Stazione Centrale, Milan – 1,558 miles, and the end of the trip
Day 8 of my big summer train trip around Europe finishes in Milan, after a thrilling ride on the Bernina Express train from Zürich that travels right across the roof of the Alps.
All I can say is – wow, what a finish!
It needed something special, after travelling almost 1,600 miles through 9 cities in 9 countries, and the Bernina Express does not let you down. Special is what it does, from the minute it leaves Chur station (an hour or so out of Zürich) and slowly climbs up into the mountains, through wide valleys dotted with precariously sited alpine villages.
Special is what it does
There are all sorts of jaw-dropping moments to come, not least 55 tunnels, 196 bridges, a 200-foot-high curved viaduct and a highest point of almost 7,400 feet. Crossing the windswept Bernina Pass itself, snow patches and the retreating tongue of a glacier are visible, while on the final descent to the Italian town of Tirano (where you change for Milan) there’s an extraordinary spiral viaduct, where you can see the entire train curving around on itself. You see more big-sky scenery in the 9 hours between Zürich and Milan than you thought possible – and the 4-hour, 90-mile, central stretch that winds up and over the pass really is as good as it gets.
It’s a truly remarkable train ride – the best in Europe, many say – and it travels all year round as a regular service train, though with reserved seats in special panoramic carriages on certain departures. Astoundingly, you can book tickets on the whole ride for as little as €30 and, rather than have me try and explain how to do it, you should simply do what I did and rely on that Train Oracle, The Man in Seat 61. You genuinely can’t go wrong if you follow his advice, right down to which side of the train you should sit on the for the best views in either direction (on the right if you’re heading south, as I did, to Milan).

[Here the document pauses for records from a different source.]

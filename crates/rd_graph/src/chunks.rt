//! Chunks of nodes: 64 that follow each other, and of which kinds the names before them are, so that a walk passes over all
//! of them at once.
ghost use Rattle.std.specs.Prelude.{◌≡◌, ℕ, ◌+◌, ◌-◌, ◌<◌, ◌≤◌, ◌^◌, ◌++◌, [], IfSome, true, length, option_map};
ghost use Rattle.rd_graph.specs.Gathered.{ArePlaces, IsLine, arranged, gathered};
ghost use Rattle.rd_graph.specs.Graphs.{Graph};
ghost use Rattle.rd_graph.specs.Patches.{IsStill, with_list};
ghost use Rattle.rd_graph.specs.Runs.{places_of};
ghost use Rattle.rd_graph.specs.Internal.Chunks.{HasAlong, HasKind, HasKinds, IsApart, IsInOne, IsMoved, KeepsKinds, Tells, TellsTo, kind_of};
ghost use Rattle.rd_graph.specs.Internal.Seen.{seen};

use crate::before::Name;
use crate::graph::Node;
use crate::runs::Run;
use rd_keys::EntryKey;
use std::alloc::{AllocError, Global};

/// How many nodes a graph has at least that has chunks.
const LEAST: usize = 128;

/// Of which of 64 kinds a name is. Those of slots that follow each other are mostly of one.
fn kind_of(key: &EntryKey) -> u32
    ensures { result ≡ kind_of key.now }
{
    match key {
        EntryKey::Leaf(name, _) => name.slot / 256 % 64,
        EntryKey::Group(name) => name.slot / 256 % 64,
    }
}

/// Kinds with that of a name.
#[inline(always)]
pub(crate) fn with_kind(kinds: u64, key: &EntryKey) -> u64
    ensures has { HasKind result key.now }
    ensures keeps { KeepsKinds kinds result }
{
    kinds | (1 << kind_of(key))
}

/// Kinds with those of some names.
#[inline(always)]
fn with_kinds(kinds: u64, names: &[Name]) -> u64
    ensures has { HasKinds result names.now }
    ensures keeps { KeepsKinds kinds result }
{
    let mut all = kinds;
    for name in names {
        all = with_kind(all, &name.key);
    }
    all
}

/// The kinds of the names before the nodes on a stretch of places.
fn kinds_along(nodes: &[Node], from: usize, to: usize) -> u64
    requires { to ≤ length nodes.now }
    ensures { HasAlong result (seen nodes.now) from to }
{
    let mut kinds = 0;
    for place in from..to {
        kinds = with_kinds(kinds, &nodes[place].before);
    }
    kinds
}

/// The end of the chunk of a place, or another end, if that comes first.
#[inline(always)]
pub(crate) fn chunk_end(place: usize, end: usize) -> usize
    requires { place < end }
    ensures after { place < result }
    ensures within { result ≤ end }
    ensures one { IsInOne place result }
{
    let left = 64 - place % 64;
    if end - place <= left {
        end
    } else {
        place + left
    }
}

/// Is no name of these kinds before a node of the chunk of a place?
#[inline(always)]
pub(crate) fn is_apart(chunks: &[u64], place: usize, kinds: u64) -> bool
    ensures { result ≡ true → IsApart chunks.now place kinds }
{
    let at = place / 64;
    at < chunks.len() && chunks[at] & kinds == 0
}

/// The node at a place has these names before it, and its chunk has their kinds too.
pub(crate) fn put_names(chunks: &mut Vec<u64>, place: usize, names: &[Name])
    ensures { (g : Graph EntryKey) → Tells chunks.old.items g → Tells chunks.new.items (with_list place names.now g) }
{
    let at = place / 64;
    if at < chunks.len() {
        chunks[at] = with_kinds(chunks[at], names);
    }
}

/// Puts the kinds of some nodes from a place on into its chunk, or a new one, if there is room for it.
fn put_kinds(chunks: &mut Vec<u64>, place: usize, kinds: u64)
    ensures { (g : Graph EntryKey) (end : ℕ) → IsInOne place end → HasAlong kinds g place end
        → TellsTo chunks.old.items g place → TellsTo chunks.new.items g end }
{
    let at = place / 64;
    if at < chunks.len() {
        chunks[at] |= kinds;
        return;
    }
    if place % 64 == 0 && at == chunks.len() && at < chunks.capacity() {
        chunks.push_reserved(kinds);
    }
}

/// The chunks of nodes, as far as there is room for them.
fn chunks_of(nodes: &[Node], room: Vec<u64>) -> Vec<u64>
    requires { room.items ≡ [] }
    ensures { Tells result.items (seen nodes.now) }
{
    let mut chunks = room;
    let mut place = 0;
    while place < nodes.len() {
        let end = chunk_end(place, nodes.len());
        put_kinds(&mut chunks, place, kinds_along(nodes, place, end));
        place = end;
    }
    chunks
}

/// The same, if they are made anew. Else those that there are.
pub(crate) fn renewed(chunks: Vec<u64>, is_anew: bool, nodes: &[Node], room: Vec<u64>) -> Vec<u64>
    requires { Tells chunks.items (seen nodes.now) }
    ensures { Tells result.items (seen nodes.now) }
{
    if is_anew && room.is_empty() {
        return chunks_of(nodes, room);
    }
    chunks
}

/// So many nodes, and of which kinds the names before them are.
#[derive(Clone, Copy)]
struct Part {
    count: usize,
    kinds: u64,
}

/// The old nodes from a place on that stand in its chunk.
fn old_part(chunks: &[u64], nodes: &[Node], place: usize, end: usize) -> Part
    requires told { Tells chunks.now (seen nodes.now) }
    requires some { place < end }
    requires within { end ≤ length nodes.now }
    ensures some { 0 < result.count }
    ensures within { place + result.count ≤ end }
    ensures told { HasAlong result.kinds (seen nodes.now) place (place + result.count) }
{
    let count = chunk_end(place, end) - place;
    match chunks.get(place / 64) {
        Some(kinds) => Part {
            count,
            kinds: *kinds,
        },
        None => Part {
            count,
            kinds: u64::MAX,
        },
    }
}

/// The nodes from a place on, at most so many, of which something is told. The made ones are counted on from the old ones.
fn part_at(chunks: &[u64], nodes: &[Node], made: &[Node], place: usize, most: usize) -> Part
    requires told { Tells chunks.now (seen nodes.now) }
    requires some { 0 < most }
    requires within { place + most ≤ length nodes.now + length made.now }
    ensures some { 0 < result.count }
    ensures within { result.count ≤ most }
    ensures told { HasAlong result.kinds (seen nodes.now ++ seen made.now) place (place + result.count) }
{
    if place < nodes.len() {
        return old_part(chunks, nodes, place, nodes.len().min(place + most));
    }
    let node = &made[place - nodes.len()];
    Part {
        count: 1,
        kinds: with_kinds(0, &node.before),
    }
}

/// Puts the kinds of the nodes of a run into chunks, as far as there is room for them. So many places come before it.
fn put_run(
    chunks: &mut Vec<u64>,
    had: &[u64],
    nodes: &[Node],
    made: &[Node],
    run: Run,
    start: usize,
)
    requires told { Tells had.now (seen nodes.now) }
    requires places { (k : ℕ) → k < run.count → run.from + k < length nodes.now + length made.now }
    requires few { start + run.count < 2 ^ 64 }
    ensures { (g : Graph EntryKey) → IsMoved (seen nodes.now ++ seen made.now) g run.from start run.count
        → TellsTo chunks.old.items g start → TellsTo chunks.new.items g (start + run.count) }
{
    let mut done = 0;
    while done < run.count {
        let place = start + done;
        let end = chunk_end(place, start + run.count);
        let part = part_at(had, nodes, made, run.from + done, end - place);
        put_kinds(chunks, place, part.kinds);
        done += part.count;
    }
}

/// The chunks of the nodes of a line of old and made ones, as far as there is room for them.
fn chunks_along(
    had: &[u64],
    nodes: &[Node],
    made: &[Node],
    runs: &[Run],
    room: Vec<u64>,
) -> Vec<u64>
    requires told { Tells had.now (seen nodes.now) }
    requires empty { room.items ≡ [] }
    requires places { ArePlaces (places_of runs.now) (length nodes.now + length made.now) }
    requires few { length (places_of runs.now) < 2 ^ 64 }
    ensures { Tells result.items (gathered (places_of runs.now) (seen nodes.now ++ seen made.now)) }
{
    let mut chunks = room;
    let mut start = 0;
    for run in runs {
        put_run(&mut chunks, had, nodes, made, *run, start);
        start += run.count;
    }
    chunks
}

/// The chunks as they are, or those of a line of old and made nodes. Where there is no room for these, there are none.
pub(crate) fn chunks_in_line(
    had: Vec<u64>,
    nodes: &[Node],
    made: &[Node],
    line: &Option<Vec<Run>>,
    room: Vec<u64>,
) -> Vec<u64>
    requires told { Tells had.items (seen nodes.now) }
    requires line { IsLine (option_map (λ l. places_of l.items) line.now) (length nodes.now + length made.now) }
    requires still { IsStill (option_map (λ l. places_of l.items) line.now) (seen made.now) }
    requires few { IfSome line.now (λ l. length (places_of l.items) < 2 ^ 64) }
    ensures { Tells result.items (arranged (option_map (λ l. places_of l.items) line.now) (seen nodes.now ++ seen made.now)) }
{
    let Some(runs) = line else {
        return had;
    };
    let mut room = room;
    room.clear();
    if room.capacity() == 0 {
        return room;
    }
    chunks_along(&had, nodes, made, runs, room)
}

/// Room for the chunks of so many nodes, if there are to be some. None for a few nodes.
pub(crate) fn chunk_room(
    alloc: Global,
    is_wanted: bool,
    count: usize,
) -> Result<Vec<u64>, AllocError> {
    if is_wanted && LEAST <= count {
        return Vec::with_capacity(alloc, count / 64 + 1);
    }
    Ok(Vec::new(alloc))
}

/// Have so many nodes not the chunks that they should have?
pub(crate) fn is_short(chunks: &[u64], count: usize) -> bool {
    LEAST <= count && chunks.len() < count / 64
}
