//! Names that are seen, each once: a list, and a table of them where there are more than a few.
ghost use Rattle.std.specs.Prelude.{◌≡◌, [], ◌∷◌, ◌++◌, IfOk, List, OnOk};
ghost use Rattle.rd_keys.specs.declared.entry.EntryKey.{EntryKey};
ghost use Rattle.rd_graph.specs.Names.{is_in, same_entry};
ghost use Rattle.rd_graph.specs.Internal.Passes.{all_pushed, pushed};
ghost use Rattle.rd_graph.specs.Internal.Tables.{fits_list, fits_table};

use crate::before::{Name, Predecessors, is_among, nothing, push};
use crate::tables::{has, put};
use indexmap::IndexMap;
use rd_keys::EntryKey;
use std::alloc::{AllocError, Global};

/// So many names are compared with each other; of more there is a table.
const FEW: usize = 4;

/// Names that differ, in their order. Where there are more than a few, there is a table of them.
#[derive(Drop)]
pub(crate) struct Seen {
    pub(crate) names: Predecessors,
    pub(crate) table: Option<IndexMap<EntryKey, usize>>,
}

/// As yet no name is seen.
pub(crate) fn none_seen(alloc: Global) -> Seen
    ensures names { result.names.items ≡ [] }
    ensures table { fits_table result.table result.names.items }
{
    Seen {
        names: nothing(alloc),
        table: None,
    }
}

/// Is a name seen?
fn is_seen(seen: &Seen, key: EntryKey) -> bool
    requires { fits_table seen.now.table seen.now.names.items }
    ensures { result ≡ is_in same_entry seen.now.names.items key }
{
    match &seen.table {
        Some(table) => has(table, key),
        None => is_among(&seen.names, key),
    }
}

/// A table of names.
fn table_of(alloc: Global, names: &[Name]) -> Result<IndexMap<EntryKey, usize>, AllocError>
    ensures { IfOk result (λ t. fits_list t names.now) }
{
    let mut table = IndexMap::new(alloc);
    for name in names {
        put(&mut table, name.key, 0)?;
    }
    Ok(table)
}

/// The last of some names comes into the table of those before it. A table is made where there are more than a few.
fn put_last(
    alloc: Global,
    table: &mut Option<IndexMap<EntryKey, usize>>,
    names: &[Name],
    key: EntryKey,
) -> Result<(), AllocError>
    ensures { (before : List EntryKey) → fits_table table.old before → names.now ≡ before ++ key ∷ []
        → OnOk result (fits_table table.new names.now) }
{
    if let Some(table) = table {
        return put(table, key, 0);
    }
    if FEW < names.len() {
        *table = Some(table_of(alloc, names)?);
    }
    Ok(())
}

/// Puts a name at the end, if it is not seen yet.
pub(crate) fn push_new(alloc: Global, seen: &mut Seen, key: EntryKey) -> Result<(), AllocError>
    requires { fits_table seen.old.table seen.old.names.items }
    ensures names { OnOk result (seen.new.names.items ≡ pushed same_entry seen.old.names.items key) }
    ensures table { OnOk result (fits_table seen.new.table seen.new.names.items) }
{
    if is_seen(seen, key) {
        return Ok(());
    }
    push(&mut seen.names, key)?;
    put_last(alloc, &mut seen.table, &seen.names, key)
}

/// Puts names at the end, those that are not seen yet.
pub(crate) fn push_all(alloc: Global, seen: &mut Seen, more: &[Name]) -> Result<(), AllocError>
    requires { fits_table seen.old.table seen.old.names.items }
    ensures names { OnOk result (seen.new.names.items ≡ all_pushed same_entry seen.old.names.items more.now) }
    ensures table { OnOk result (fits_table seen.new.table seen.new.names.items) }
{
    for key in more {
        push_new(alloc, seen, key.key)?;
    }
    Ok(())
}
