//! Lists of the direct predecessors of a node. One of a single name takes no memory of its own.
ghost use Rattle.std.specs.Prelude.{◌≡◌, [], ◌∷◌, ◌++◌, IfOk, OnOk};
ghost use Rattle.rd_graph.specs.Names.{is_in, same_entry};

use rd_keys::{EntryKey, Key};
use smallvec::SmallVec;
use std::alloc::{AllocError, Global};
use std::marker::Model;

/// A name in a list of predecessors.
#[derive(Clone, Copy)]
pub(crate) struct Name {
    pub(crate) key: EntryKey,
}

impl Model for Name {
    ghost use Rattle.rd_keys.specs.declared.entry.EntryKey.{EntryKey};

    ghost Value = { EntryKey };

    ghost view = { λ n. n.key };

    ghost inverse = { λ k. record { key = k } };
}

/// An unused place of a list has a name that stands for nothing.
impl Default for Name {
    fn default() -> Name {
        Name {
            key: EntryKey::Group(Key::new(0, 0)),
        }
    }
}

/// Names of predecessors.
pub(crate) type Predecessors = SmallVec<Name, 1>;

/// No name.
pub(crate) fn nothing(alloc: Global) -> Predecessors
    ensures { result.items ≡ [] }
{
    SmallVec::new(alloc)
}

/// Puts a name at the end.
pub(crate) fn push(list: &mut Predecessors, key: EntryKey) -> Result<(), AllocError>
    ensures { OnOk result (list.new.items ≡ list.old.items ++ key ∷ []) }
{
    list.push(Name { key })?;
    Ok(())
}

/// One name.
pub(crate) fn one(alloc: Global, key: EntryKey) -> Predecessors
    ensures { result.items ≡ key ∷ [] }
{
    let mut list = nothing(alloc);
    list.push_reserved(Name { key });
    list
}

/// A list once more.
pub(crate) fn copied(alloc: Global, list: &[Name]) -> Result<Predecessors, AllocError>
    ensures { IfOk result (λ v. v.items ≡ list.now) }
{
    SmallVec::from_slice(alloc, list)
}

/// Have two entries one name?
fn is_same(key: &EntryKey, name: &EntryKey) -> bool
    ensures { result ≡ same_entry key.now name.now }
{
    key == name
}

/// Is the name one of these?
pub(crate) fn is_among(keys: &[Name], name: EntryKey) -> bool
    ensures { result ≡ is_in same_entry keys.now name }
{
    for key in keys {
        if is_same(&key.key, &name) {
            return true;
        }
    }
    false
}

There’s no time in Milan to do anything much more than lie in a darkened room for a while, recovering from the sensory overload of the train ride. But as it is the end of the trip, following a fabulous day, I deserve to be eating the best pizza in Milan, which current opinion has it is at Pizza AM.

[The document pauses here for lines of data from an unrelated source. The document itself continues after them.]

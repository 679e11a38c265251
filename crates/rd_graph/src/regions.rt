//! Regions of places in which the places of a chain are out of order. Before them, between them and after them they rise.
ghost use Rattle.std.specs.Prelude.{◌≡◌, ℕ, ◌<◌, ◌≤◌, IfOk, length, slice_index_or};
ghost use Rattle.rd_graph.specs.Internal.Regions.{AreLeast, IsCut, RiseFrom};

use std::alloc::{AllocError, Global};

/// So many of some places lie before a place, and the others do not.
#[derive(Clone, Copy)]
pub(crate) struct Cut {
    pub(crate) met: usize,
    pub(crate) place: usize,
}

/// What lies between two cuts.
#[derive(Clone, Copy)]
pub(crate) struct Region {
    pub(crate) from: Cut,
    pub(crate) to: Cut,
}

/// Of some places below an end, from each one on the least, and the end after the last one.
pub(crate) fn least_from(
    alloc: Global,
    places: &[usize],
    end: usize,
) -> Result<Vec<usize>, AllocError>
    ensures { IfOk result (λ v. AreLeast places.now end v.items) }
{
    let mut least = vec![in alloc; end; places.len() + 1]?;
    for i in 0..places.len() {
        let at = places.len() - 1 - i;
        least[at] = least[at + 1].min(places[at]);
    }
    Ok(least)
}

/// The last cut up to which places rise from another one on.
pub(crate) fn risen(places: &[usize], least: &[usize], end: usize, from: Cut) -> Cut
    requires least { AreLeast places.now end least.now }
    requires from { IsCut places.now end from }
    ensures cut { IsCut places.now end result }
    ensures after { from.place ≤ result.place }
    ensures rises { RiseFrom places.now from.met result.met }
{
    let mut met = from.met;
    while met < places.len() && places[met] < least[met + 1] {
        met += 1;
    }
    Cut {
        met,
        place: least[met],
    }
}

/// The first cut after another one where not all places are met.
pub(crate) fn next_cut(places: &[usize], least: &[usize], end: usize, from: Cut) -> Cut
    requires least { AreLeast places.now end least.now }
    requires below { (k : ℕ) → k < length places.now → slice_index_or places.now k 0 < end }
    requires from { IsCut places.now end from }
    requires some { from.met < length places.now }
    ensures cut { IsCut places.now end result }
    ensures after { from.place ≤ result.place }
    ensures more { from.met < result.met }
{
    let mut met = from.met + 1;
    let mut place = places[from.met] + 1;
    while met < places.len() && least[met] < place {
        place = place.max(places[met] + 1);
        met += 1;
    }
    Cut { met, place }
}
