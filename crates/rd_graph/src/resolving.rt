//! Predecessors are resolved: what is noted of those that go comes in their place.
ghost use Rattle.std.specs.Prelude.{◌≡◌, IfOk, OnOk, Some};
ghost use Rattle.rd_graph.specs.Names.{same_entry};
ghost use Rattle.rd_graph.specs.Internal.Passes.{all_pushed};
ghost use Rattle.rd_graph.specs.Internal.Relisting.{AreMarked};
ghost use Rattle.rd_graph.specs.Internal.Tables.{fits_table};
ghost use Rattle.rd_graph.specs.Internal.Words.{in_place_by, note_at, resolved_by};

use crate::before::{Name, Predecessors};
use crate::gone::{Gone, number_of};
use crate::seen::{Seen, none_seen, push_all, push_new};
use rd_keys::EntryKey;
use std::alloc::{AllocError, Global};

/// What is noted at a number.
fn add_noted(
    alloc: Global,
    notes: &[Predecessors],
    number: usize,
    seen: &mut Seen,
) -> Result<(), AllocError>
    requires { fits_table seen.old.table seen.old.names.items }
    ensures names { OnOk result (seen.new.names.items
        ≡ all_pushed same_entry seen.old.names.items (note_at notes.now (Some number))) }
    ensures table { OnOk result (fits_table seen.new.table seen.new.names.items) }
{
    if number < notes.len() {
        return push_all(alloc, seen, &notes[number]);
    }
    Ok(())
}

/// A predecessor, or what is noted in its place where it goes.
fn add(
    alloc: Global,
    gone: &Gone,
    notes: &[Predecessors],
    seen: &mut Seen,
    key: EntryKey,
) -> Result<(), AllocError>
    requires marked { AreMarked gone.now.marks.items gone.now.names }
    requires table { fits_table seen.old.table seen.old.names.items }
    ensures names { OnOk result (seen.new.names.items
        ≡ all_pushed same_entry seen.old.names.items (in_place_by gone.now.names notes.now key)) }
    ensures table { OnOk result (fits_table seen.new.table seen.new.names.items) }
{
    match number_of(gone, key) {
        Some(number) => add_noted(alloc, notes, number, seen),
        None => push_new(alloc, seen, key),
    }
}

/// Predecessors, with what is noted in the place of those that go, each once.
pub(crate) fn resolve(
    alloc: Global,
    gone: &Gone,
    notes: &[Predecessors],
    before: &[Name],
) -> Result<Predecessors, AllocError>
    requires { AreMarked gone.now.marks.items gone.now.names }
    ensures { IfOk result (λ v. v.items ≡ resolved_by gone.now.names notes.now before.now) }
{
    let mut seen = none_seen(alloc);
    for key in before {
        add(alloc, gone, notes, &mut seen, key.key)?;
    }
    Ok(seen.names)
}
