/// New lists of predecessors with the places of their nodes: of the nodes that stand after one that goes, and of those of
/// the chain.
pub(crate) fn changed(
    alloc: Global,
    nodes: &[Node],
    chunks: &[u64],
    change: Change<'_>,
) -> Result<Vec<(usize, Predecessors)>, AllocError>
    requires sound { IsInOrder (seen nodes.now) }
    requires told { Tells chunks.now (seen nodes.now) }
    requires can { CanBePatched change.removed.now change.chain.now change.old_places.now (seen nodes.now) }
    ensures { IfOk result (λ v. IsRelisted change.entry.removed.now change.entry.chain.now (seen nodes.now) (lists_seen v.items)) }
{
    let places = change.removed;
    let gone = gone_at(alloc, nodes, places)?;
    changed_by(
        alloc,
        nodes,
        chunks,
        places,
        &gone,
        change.chain,
        change.old_places,
    )
}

I got there just before opening time, with the shutters still down, and there was already a queue, but no matter because the cheery owner walks the line dispensing free pizza squares and a glass of Prosecco to anyone waiting for a table. The cramped interior looks like Mirò got to decorate a Mexican cantina, which is kind of fun, and everyone speaks English, so no need to worry that the only pizza name you’ll recognise is the Margherita. The other half dozen are all veggie (one has anchovies, but that’s it), and they appear quick-smart out of the wood-burning oven, blackened and pock-marked with charcoal in all the right places. You can probably tell I liked it, and for €9 to €10 a pop they are an absolute bargain. Top tipping tip by the way – your bill already includes the mysterious Italian ‘coperto’ or cover charge (€2 per person, charged for no apparent rhyme or reason), but if you also leave a tip the owner bangs a gong and everyone cheers you, which is also kind of fun.

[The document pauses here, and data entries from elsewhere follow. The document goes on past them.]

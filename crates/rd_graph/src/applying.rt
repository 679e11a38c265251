//! A patch is applied: nodes get new lists, and are moved to their places. Nothing takes memory.
ghost use Rattle.std.specs.Prelude.{◌≡◌, ◌<◌, ◌+◌, ◌++◌, vec_len, option_map};
ghost use Rattle.rd_graph.specs.Gathered.{arranged, IsLine};
ghost use Rattle.rd_graph.specs.Patches.{AreWithin, IsStill, with_list, with_lists};
ghost use Rattle.rd_graph.specs.Internal.Chunks.{Tells};
ghost use Rattle.rd_graph.specs.Internal.Patching.{lists_seen, HasRoom};
ghost use Rattle.rd_graph.specs.Internal.Seen.{seen};
ghost use Rattle.rd_graph.specs.Runs.{places_of};

use crate::before::{Predecessors, nothing};
use crate::chunks::put_names;
use crate::graph::Node;
use crate::moving::{Take, move_line};
use crate::runs::Run;
use std::alloc::Global;
use std::mem;

/// The node at a place has these predecessors, and its chunk has their kinds.
fn put_list(nodes: &mut Vec<Node>, chunks: &mut Vec<u64>, place: usize, before: Predecessors)
    requires { place < vec_len nodes.old }
    ensures put { seen nodes.new.items ≡ with_list place before.items (seen nodes.old.items) }
    ensures told { Tells chunks.old.items (seen nodes.old.items) → Tells chunks.new.items (seen nodes.new.items) }
{
    put_names(chunks, place, &before);
    let node = &mut nodes[place];
    node.before = before;
}

/// The nodes at these places have new lists of predecessors, and their chunks have the kinds of these.
pub(crate) fn put_lists(
    nodes: &mut Vec<Node>,
    chunks: &mut Vec<u64>,
    lists: Vec<(usize, Predecessors)>,
)
    requires within { AreWithin (lists_seen lists.items) (seen nodes.old.items) }
    requires told { Tells chunks.old.items (seen nodes.old.items) }
    ensures put { seen nodes.new.items ≡ with_lists (lists_seen lists.items) (seen nodes.old.items) }
    ensures told { Tells chunks.new.items (seen nodes.new.items) }
{
    for (place, before) in lists {
        put_list(nodes, chunks, place, before);
    }
}

impl Take for Node {
    /// What stays has no predecessors.
    fn take(&mut self, alloc: Global) -> Node {
        let before = mem::replace(&mut self.before, nothing(alloc));
        Node {
            key: self.key,
            before,
        }
    }
}

/// The nodes as they are, or old and made ones in a line; the made ones as they are, where the line is of them alone.
pub(crate) fn in_line(
    alloc: Global,
    nodes: Vec<Node>,
    made: Vec<Node>,
    line: Option<Vec<Run>>,
    aside: Vec<Node>,
    room: Vec<Node>,
) -> Vec<Node>
    requires line { IsLine (option_map (λ l. places_of l.items) line) (vec_len nodes + vec_len made) }
    requires still { IsStill (option_map (λ l. places_of l.items) line) (seen made.items) }
    requires room { HasRoom line room }
    ensures { seen result.items
        ≡ arranged (option_map (λ l. places_of l.items) line) (seen nodes.items ++ seen made.items) }
{
    match line {
        None => nodes,
        Some(line) => move_line(alloc, nodes, made, &line, aside, room),
    }
}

And that’s it, the end of the line in Milan, which is why this post is ‘Over & out’. It’s been an absolute blast, and I’ve enjoyed having you all along for the ride – thanks so much for the comments and encouragement along the way.
I started out in Berlin and now, finishing in Milan, it’s been 9 cities and 9 countries, from Central Europe to the Balkans and the Alps. I’ve loved every early morning, every station croissant, every train-seat snooze in the sun on a bright European summer’s day and every single mile through some of the most extraordinary countryside in the world. It’s all there, waiting for you, and it’s all very possible to do on a budget – it you need any help, just let me know!